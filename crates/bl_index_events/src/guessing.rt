//! What the pages of a tree seem to be: guesses by words that are read as they stand, one by one. They are no events and tell nothing, so
//! whoever acts by a guess does what is right if the guess is wrong.

use crate::tree::Tree;
use bl_model::KeyWrite;
use bl_model::limits::{MOST_LEVELS, MOST_PAIRS};
use bl_page::{FIRST_KEY, FIRST_WORD, HEAD, HIGH, KIND_UNIT, LEVEL_BEFORE, LEVEL_UNIT, LOW, RIGHT};
use bl_proc_steps::{Hint, Level};
use bl_reserve::is_in_use;

/// How many pairs a page has that is half full: two such pages fit one.
const HALF: u64 = MOST_PAIRS as u64 / 2;

/// How many pairs a full page has.
const FULL: u64 = MOST_PAIRS as u64;

/// The greatest level of a parent.
const TOP: u64 = MOST_LEVELS as u64;

/// So many pages are looked at on the way to a leaf at most.
const STEPS: u32 = 64;

/// The kinds of pages, as word 0 names them.
const ANCHOR: u64 = 1;

const LEAF: u64 = 2;

const INNER: u64 = 3;

/// The kind in word 0, the level, and the count of pairs.
#[derive(Clone, Copy)]
struct Head {
    kind: u64,
    level: u64,
    count: u64,
}

impl Head {
    /// Reads the head of a page.
    fn of(word: u64) -> Head {
        Head {
            kind: word / KIND_UNIT,
            level: word % KIND_UNIT / LEVEL_UNIT,
            count: word % LEVEL_UNIT,
        }
    }

    /// Whether it is a leaf or an inner page with half of its entries at most.
    fn is_half_full_at_most(self) -> bool {
        (self.kind == LEAF || self.kind == INNER) && self.count <= HALF
    }
}

/// The hint of a thin page of that level that covers the key, if a parent can have it.
fn thin(level: u64, key: u64) -> Option<Hint> {
    if level >= TOP {
        return None;
    }
    let level = Level::new(level as u32 + 1);
    Some(Hint::Thin { level, key })
}

/// The number of a page in a word.
fn page_in(word: u64) -> u32 {
    (word % KIND_UNIT) as u32
}

impl Tree {
    /// The hint to follow for a page that seems to be less than half full, or half full beside one to its right that is no fuller: the
    /// two fit one page.
    pub fn thin_at(&self, page: u32) -> Option<Hint> {
        // A released page has words of before, and a hint of it would be followed for nothing.
        if !is_in_use(&self.store, page) {
            return None;
        }
        let head = Head::of(self.store.peek(page, HEAD));
        if !head.is_half_full_at_most() {
            return None;
        }
        if head.count == HALF && !self.is_beside_half_full(page) {
            return None;
        }
        thin(head.level, self.store.peek(page, LOW))
    }

    // Whether the page to which one links seems to be half full at most.
    fn is_beside_half_full(&self, page: u32) -> bool {
        let right = page_in(self.store.peek(page, RIGHT));
        right > 0 && Head::of(self.store.peek(right, HEAD)).is_half_full_at_most()
    }

    /// Whether a write may split a leaf while pages are scarce.
    pub fn may_lack_pages(&self, key: u64, write: KeyWrite) -> bool {
        match write {
            KeyWrite::Insert(_) | KeyWrite::Put(_) => self.store.room.lacks_pages()
                && self.may_split(key),
            KeyWrite::Delete | KeyWrite::Change(..) => false,
        }
    }

    // Whether an insertion or a put of the key may split a leaf: the leaf that seems to cover it seems to be full, or none is found.
    fn may_split(&self, key: u64) -> bool {
        let mut page = 0;
        for _step in 0..STEPS {
            let next = self.page_behind(page, key);
            if next == page {
                return Head::of(self.store.peek(page, HEAD)).count >= FULL;
            }
            page = next;
        }
        true
    }

    // Where a search for the key seems to go on from a page: down, or by the link. From a leaf that covers the key it goes nowhere else.
    fn page_behind(&self, page: u32, key: u64) -> u32 {
        let head = Head::of(self.store.peek(page, HEAD));
        if head.kind == ANCHOR {
            return self.top_page(head.count);
        }
        if head.kind == LEAF && !self.ends_before(page, key) {
            return page;
        }
        if head.kind == INNER && !self.ends_before(page, key) {
            return self.child_at(page, head.count, key);
        }
        page_in(self.store.peek(page, RIGHT))
    }

    // The leftmost page of the top level, where the anchor has so many.
    fn top_page(&self, levels: u64) -> u32 {
        page_in(self.store.peek(0, levels.min(TOP) as usize + LEVEL_BEFORE))
    }

    // Whether a page seems to end before the key.
    fn ends_before(&self, page: u32, key: u64) -> bool {
        let high = self.store.peek(page, HIGH);
        high != 0 && high <= key
    }

    // The child that an inner page of so many seems to have for the key.
    fn child_at(&self, page: u32, count: u64, key: u64) -> u32 {
        let mut child = 0;
        for place in 0..count.min(FULL) as usize {
            if self.store.peek(page, FIRST_KEY + 2 * place) <= key {
                child = page_in(self.store.peek(page, FIRST_WORD + 2 * place));
            }
        }
        child
    }
}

→ **Task brief**: The records above must be reproduced word for word.

→ **Exercise result**:
filename crates/bl_index_events/src/guessing.rt
//! What the pages of a tree seem to be: guesses by words that are read as they stand, one by one. They are no events and tell nothing, so
//! whoever acts by a guess does what is right if the guess is wrong.

use crate::tree::Tree;
use bl_model::KeyWrite;
use bl_model::limits::{MOST_LEVELS, MOST_PAIRS};
use bl_page::{FIRST_KEY, FIRST_WORD, HEAD, HIGH, KIND_UNIT, LEVEL_BEFORE, LEVEL_UNIT, LOW, RIGHT};
use bl_proc_steps::{Hint, Level};
use bl_reserve::is_in_use;

/// How many pairs a page has that is half full: two such pages fit one.
const HALF: u64 = MOST_PAIRS as u64 / 2;

/// How many pairs a full page has.
const FULL: u64 = MOST_PAIRS as u64;

/// The greatest level of a parent.
const TOP: u64 = MOST_LEVELS as u64;

/// So many pages are looked at on the way to a leaf at most.
const STEPS: u32 = 64;

/// The kinds of pages, as word 0 names them.
const ANCHOR: u64 = 1;

const LEAF: u64 = 2;

const INNER: u64 = 3;

/// The kind in word 0, the level, and the count of pairs.
#[derive(Clone, Copy)]
struct Head {
    kind: u64,
    level: u64,
    count: u64,
}

impl Head {
    /// Reads the head of a page.
    fn of(word: u64) -> Head {
        Head {
            kind: word / KIND_UNIT,
            level: word % KIND_UNIT / LEVEL_UNIT,
            count: word % LEVEL_UNIT,
        }
    }

    /// Whether it is a leaf or an inner page with half of its entries at most.
    fn is_half_full_at_most(self) -> bool {
        (self.kind == LEAF || self.kind == INNER) && self.count <= HALF
    }
}

/// The hint of a thin page of that level that covers the key, if a parent can have it.
fn thin(level: u64, key: u64) -> Option<Hint> {
    if level >= TOP {
        return None;
    }
    let level = Level::new(level as u32 + 1);
    Some(Hint::Thin { level, key })
}

/// The number of a page in a word.
fn page_in(word: u64) -> u32 {
    (word % KIND_UNIT) as u32
}

impl Tree {
    /// The hint to follow for a page that seems to be less than half full, or half full beside one to its right that is no fuller: the
    /// two fit one page.
    pub fn thin_at(&self, page: u32) -> Option<Hint> {
        // A released page has words of before, and a hint of it would be followed for nothing.
        if !is_in_use(&self.store, page) {
            return None;
        }
        let head = Head::of(self.store.peek(page, HEAD));
        if !head.is_half_full_at_most() {
            return None;
        }
        if head.count == HALF && !self.is_beside_half_full(page) {
            return None;
        }
        thin(head.level, self.store.peek(page, LOW))
    }

    // Whether the page to which one links seems to be half full at most.
    fn is_beside_half_full(&self, page: u32) -> bool {
        let right = page_in(self.store.peek(page, RIGHT));
        right > 0 && Head::of(self.store.peek(right, HEAD)).is_half_full_at_most()
    }

    /// Whether a write may split a leaf while pages are scarce.
    pub fn may_lack_pages(&self, key: u64, write: KeyWrite) -> bool {
        match write {
            KeyWrite::Insert(_) | KeyWrite::Put(_) => self.store.room.lacks_pages()
                && self.may_split(key),
            KeyWrite::Delete | KeyWrite::Change(..) => false,
        }
    }

    // Whether an insertion or a put of the key may split a leaf: the leaf that seems to cover it seems to be full, or none is found.
    fn may_split(&self, key: u64) -> bool {
        let mut page = 0;
        for _step in 0..STEPS {
            let next = self.page_behind(page, key);
            if next == page {
                return Head::of(self.store.peek(page, HEAD)).count >= FULL;
            }
            page = next;
        }
        true
    }

    // Where a search for the key seems to go on from a page: down, or by the link. From a leaf that covers the key it goes nowhere else.
    fn page_behind(&self, page: u32, key: u64) -> u32 {
        let head = Head::of(self.store.peek(page, HEAD));
        if head.kind == ANCHOR {
            return self.top_page(head.count);
        }
        if head.kind == LEAF && !self.ends_before(page, key) {
            return page;
        }
        if head.kind == INNER && !self.ends_before(page, key) {
            return self.child_at(page, head.count, key);
        }
        page_in(self.store.peek(page, RIGHT))
    }

    // The leftmost page of the top level, where the anchor has so many.
    fn top_page(&self, levels: u64) -> u32 {
        page_in(self.store.peek(0, levels.min(TOP) as usize + LEVEL_BEFORE))
    }

    // Whether a page seems to end before the key.
    fn ends_before(&self, page: u32, key: u64) -> bool {
        let high = self.store.peek(page, HIGH);
        high != 0 && high <= key
    }

    // The child that an inner page of so many seems to have for the key.
    fn child_at(&self, page: u32, count: u64, key: u64) -> u32 {
        let mut child = 0;
        for place in 0..count.min(FULL) as usize {
            if self.store.peek(page, FIRST_KEY + 2 * place) <= key {
                child = page_in(self.store.peek(page, FIRST_WORD + 2 * place));
            }
        }
        child
    }
}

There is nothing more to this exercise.